Task to carry out –
The response should contain only those lines of the entries below that include the string "declared".

(Data excerpts Opens)

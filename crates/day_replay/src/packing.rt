// The ballots of all batches, packed where they lie.
ghost use Rattle.std.specs.Prelude.{◌≡◌, ◌+◌, ◌≤◌, ◌++◌, All, IfOk, OnOk, IsPermutation, length};
ghost use Rattle.plain_ballots.specs.declared.limits.TheConstants.{MOST_BALLOTS, MOST_CANDIDATES};
ghost use Rattle.plain_ballots.specs.Ballots.{ballot_count, plain};
ghost use Rattle.batch_core.specs.declared.limits.TheConstants.{LAST_NUMBER, MOST_OF_BATCH};
ghost use Rattle.day_reader.specs.Said.{IsAnswerable};
ghost use Rattle.day_replay.specs.Places.{lines_at, placed_lines};

use crate::NoMemory;
use crate::places::ballots_at;
use batch_core::Entry;
use packed_ballots::PackedBallots;
use plain_ballots::Ballots;
use std::alloc::Global;

/// The ballots that have a place among the calls, packed. None is copied on the way.
pub(crate) fn pack_placed(
    alloc: Global,
    candidates: u32,
    entries: &[Entry],
    places: &[Option<usize>],
) -> Result<PackedBallots, NoMemory>
    requires candidates { candidates ≤ MOST_CANDIDATES }
    requires answerable { All (λ e. IsAnswerable candidates e.call) entries.now }
    requires numbered { length places.now ≡ LAST_NUMBER }
    ensures candidates { IfOk result (λ packed. packed.candidates ≡ candidates) }
    ensures ballots { IfOk result (λ packed.
        IsPermutation (plain packed.lines) (plain (placed_lines entries.now places.now))) }
{
    let mut packed = PackedBallots::new(alloc, candidates)?;
    for place in places {
        put_at(&mut packed, entries, *place)?;
    }
    Ok(packed)
}

/// Puts the ballots of a call to others.
fn put_at(
    packed: &mut PackedBallots,
    entries: &[Entry],
    place: Option<usize>,
) -> Result<(), NoMemory>
    requires answerable { All (λ e. IsAnswerable packed.old.candidates e.call) entries.now }
    requires room { ballot_count packed.old.lines + MOST_OF_BATCH ≤ MOST_BALLOTS }
    ensures candidates { packed.new.candidates ≡ packed.old.candidates }
    ensures ballots { OnOk result
        (IsPermutation (plain packed.new.lines) (plain packed.old.lines ++ plain (lines_at entries.now place))) }
    ensures few { OnOk result (ballot_count packed.new.lines ≤ ballot_count packed.old.lines + MOST_OF_BATCH) }
{
    match ballots_at(entries, place) {
        Some(ballots) => put(packed, ballots),
        None => Ok(()),
    }
}

/// Puts ballots to others.
fn put(packed: &mut PackedBallots, ballots: &Ballots) -> Result<(), NoMemory>
    requires candidates { ballots.now.candidates ≡ packed.old.candidates }
    requires room { ballot_count packed.old.lines + ballot_count ballots.now.lines ≤ MOST_BALLOTS }
    ensures candidates { packed.new.candidates ≡ packed.old.candidates }
    ensures ballots { OnOk result
        (IsPermutation (plain packed.new.lines) (plain packed.old.lines ++ plain ballots.now.lines)) }
{
    for line in ballots.lines() {
        let ranks = line.ranking.ranks();
        packed.take(line.count, ranks, ranks.len())?;
    }
    Ok(())
}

(Data excerpts Closes)

Result –
ghost use Rattle.plain_ballots.specs.declared.limits.TheConstants.{MOST_BALLOTS, MOST_CANDIDATES};
ghost use Rattle.batch_core.specs.declared.limits.TheConstants.{LAST_NUMBER, MOST_OF_BATCH};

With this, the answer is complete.